人の「直感」を使い万人の利益を導く、群知能「スワームAI」とは

ルイス・B・ローゼンバーグ


「人間のパフォーマンスを本当の意味で増強するテクノロジーとは何か、ということをずっと専門としてきました」。現在、ローゼンバーグはサンフランシスコから車で約4時間の海辺の街、サン・ルイス・オビスポの牧場兼自宅で家族と暮らす。牛や羊、鶏が自由におのおの鳴き声をあげるのどかな雰囲気の庭の一角でローゼンバーグは語る。

93年にVR企業イマージョンを起業、99年には同社をナスダックに上場。また、他にも2社起業し、アニメーター用に開発したCG技術のマイクロスクライブ3Dデジタイザーは『シュレック』『アイスエイジ』『タイタニック』などの映画に利用され(09年に買収)、人間とコンピュータの進歩的な相互関係を専門としたアウトランド・リサーチ社は12年にグーグルに買収された。

発明家、起業家として第一線の輝かしいキャリアを歩む一方、ローゼンバーグはテクノロジーが人間を「支配」する未来に危機感を抱いてきた。
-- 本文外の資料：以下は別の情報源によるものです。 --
//! The samples of the tables of a track.

ghost use Rattle.std.specs.Prelude.{◌≡◌, IfOk, IfSome, Result};
ghost use Rattle.std.specs.declared.option.Option.{Option};
ghost use Rattle.mp4_movie.specs.Movies.{inside, sample_table, samples_of};
ghost use Rattle.mp4_movie.specs.Problems.{Problem, Records, ReturnsBoxes, ReturnsFor};
ghost use Rattle.mp4_movie.specs.declared.sample_boxes.SampleBoxes.{SampleBoxes};
ghost use Rattle.mp4_inspect_samples.specs.Row.{labels_of};
ghost use Rattle.mp4_inspect_samples.specs.Tracks.{WritesBoxes, WritesFirst, WritesHeadingOnly, WritesTables};

use crate::fault::Fault;
use crate::heading::{Heading, write_heading};
use crate::limit::{Limit, unlisted_of};
use crate::reached::Reached;
use crate::row::RowRule;
use crate::rows::{RowWriter, write_rows};
use mp4_frame::FourCC;
use mp4_frame::codes::{MDIA, MINF, STBL};
use mp4_io::{Failure, Output, read_failure};
use mp4_movie::{BoxError, MovieError, SampleBoxes, first_in, tables_in};
use mp4_samples::SampleTables;
use mp4_walk::{BoxWalk, Source, TreeBox};
use std::alloc::Global;
use std::io::Write;

/// Returns the boxes after the first box with `code` in a level. Fails if there is none.
fn inside<'a>(level: &'a [TreeBox], depth: u64, code: u32) -> Result<&'a [TreeBox], MovieError>
    ensures { ReturnsBoxes result (inside depth code level.now) }
{
    match first_in(level, depth, code) {
        Some(place) => Ok(place.after),
        None => Err(MovieError::Box(BoxError::Missing {
            code: FourCC::from(code),
        })),
    }
}

/// Returns the boxes after the header of the sample table of a track. `trak` begins with the boxes inside its `trak`.
fn sample_table(trak: &[TreeBox]) -> Result<&[TreeBox], MovieError>
    ensures { ReturnsBoxes result (sample_table trak.now) }
{
    let mdia = inside(trak, 2, MDIA)?;
    let minf = inside(mdia, 3, MINF)?;
    inside(minf, 4, STBL)
}

/// Returns the sample tables of a track, or `None` if it has no samples except those of fragments. `trak` begins with
/// the boxes inside its `trak`.
fn tables_or_stop<S: Source>(
    alloc: Global,
    walk: &mut BoxWalk<S>,
    trak: &[TreeBox],
) -> Result<Option<SampleBoxes>, MovieError>
    ensures value { ReturnsFor walk.old.bytes result (λ file. samples_of file trak.now) }
    ensures kept { walk.new ≡ walk.old }
{
    let stbl = sample_table(trak)?;
    tables_in(alloc, walk, stbl)
}

/// Returns the sample tables of a track, or `None` if it has no samples except those of fragments, or why they can't be
/// read. `trak` begins with the boxes inside its `trak`.
pub fn tables_of<S: Source>(
    alloc: Global,
    walk: &mut BoxWalk<S>,
    trak: &[TreeBox],
) -> Result<Result<Option<SampleBoxes>, BoxError>, Failure>
    ensures value { IfSome walk.old.bytes
        (λ file. IfOk result (λ tables. Records tables (samples_of file trak.now))) }
    ensures kept { walk.new ≡ walk.old }
{
    match tables_or_stop(alloc, walk, trak) {
        Ok(tables) => Ok(Ok(tables)),
        Err(MovieError::Box(error)) => Ok(Err(error)),
        Err(MovieError::Io(error)) => Err(read_failure(&error)),
    }
}

/// Writes the heading of a track and the samples of its tables, up to the first that isn't listed. A fragment without a
/// time begins at `time`.
fn write_agreed<W: Write>(
    tables: &SampleTables<'_>,
    heading: Heading,
    rule: &RowRule<'_>,
    time: u64,
    limit: Limit,
    writer: &mut RowWriter,
    output: &mut Output<W>,
) -> Result<Reached, Failure>
    ensures writes { IfOk result
        (WritesTables tables.now time limit writer.old.form (labels_of rule.now) writer.old.follows writer.new.follows
        (W.contents output.old.inner) (W.contents output.new.inner)) }
    ensures form { writer.new.form ≡ writer.old.form }
{
    write_heading(heading, writer, output)?;
    let end = write_rows(tables, rule, limit, writer, output)?;
    Ok(Reached {
        count: end.count,
        time,
        empty: end.empty,
        unlisted: unlisted_of(limit, end.count, u64::from(tables.len()), end.unlisted),
    })
}

/// Writes the heading of a track and the samples of its tables `boxes`, up to the first that isn't listed. Writes
/// nothing if the tables disagree.
fn write_tables<W: Write>(
    boxes: &SampleBoxes,
    heading: Heading,
    rule: &RowRule<'_>,
    limit: Limit,
    writer: &mut RowWriter,
    output: &mut Output<W>,
) -> Result<Result<Reached, Fault>, Failure>
    ensures writes { IfOk result
        (WritesBoxes boxes.now limit writer.old.form (labels_of rule.now) writer.old.follows writer.new.follows
        (W.contents output.old.inner) (W.contents output.new.inner)) }
    ensures form { writer.new.form ≡ writer.old.form }
{
    let time = boxes.time_end();
    match SampleTables::new(boxes.tables()) {
        Ok(tables) => {
            let reached = write_agreed(&tables, heading, rule, time, limit, writer, output)?;
            Ok(Ok(reached))
        }
        Err(disagreement) => Ok(Err(Fault::Tables(disagreement))),
    }
}

/// Writes the heading of a track without tables.
fn write_no_rows<W: Write>(
    heading: Heading,
    writer: &mut RowWriter,
    output: &mut Output<W>,
) -> Result<Result<Reached, Fault>, Failure>
    ensures writes { IfOk result
        (WritesHeadingOnly writer.old.form writer.old.follows writer.new.follows
        (W.contents output.old.inner) (W.contents output.new.inner)) }
    ensures form { writer.new.form ≡ writer.old.form }
{
    write_heading(heading, writer, output)?;
    Ok(Ok(Reached {
        count: 0,
        time: 0,
        empty: 0,
        unlisted: None,
    }))
}

/// Writes the heading of a track and the samples of its tables, up to the first that isn't listed. Writes nothing if
/// the tables can't be read or disagree.
pub fn write_first<W: Write>(
    tables: Result<Option<SampleBoxes>, BoxError>,
    heading: Heading,
    rule: &RowRule<'_>,
    limit: Limit,
    writer: &mut RowWriter,
    output: &mut Output<W>,
) -> Result<Result<Reached, Fault>, Failure>
    ensures writes { (r : Result (Option SampleBoxes) Problem) → Records tables r → IfOk result
        (WritesFirst limit writer.old.form (labels_of rule.now) r writer.old.follows writer.new.follows
        (W.contents output.old.inner) (W.contents output.new.inner)) }
    ensures form { writer.new.form ≡ writer.old.form }
{
    match tables {
        Ok(Some(boxes)) => write_tables(&boxes, heading, rule, limit, writer, output),
        Ok(None) => write_no_rows(heading, writer, output),
        Err(error) => Ok(Err(Fault::Box(error))),
    }
}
「その危機意識を世の中の人に知ってもらおうと、何冊かSF小説や脚本を書きました」。

高度なネットワークでつながれた社会で人間が疎外されていく『UPGRADE』を12年に、世界の数百万人のユーザーがタブレットや携帯でつながることによって世界に意識を持ったAI「ハイブ・マインド」が出現してしまうディストピア小説『MONKEY ROOM』というグラフィックノベルを14年に発表する。

歴史の例を見ても、人間は集団になることによって愚かな方向に向かってしまう、と思っていたローゼンバーグだが、2作目の創作途中、あるひらめきが訪れた。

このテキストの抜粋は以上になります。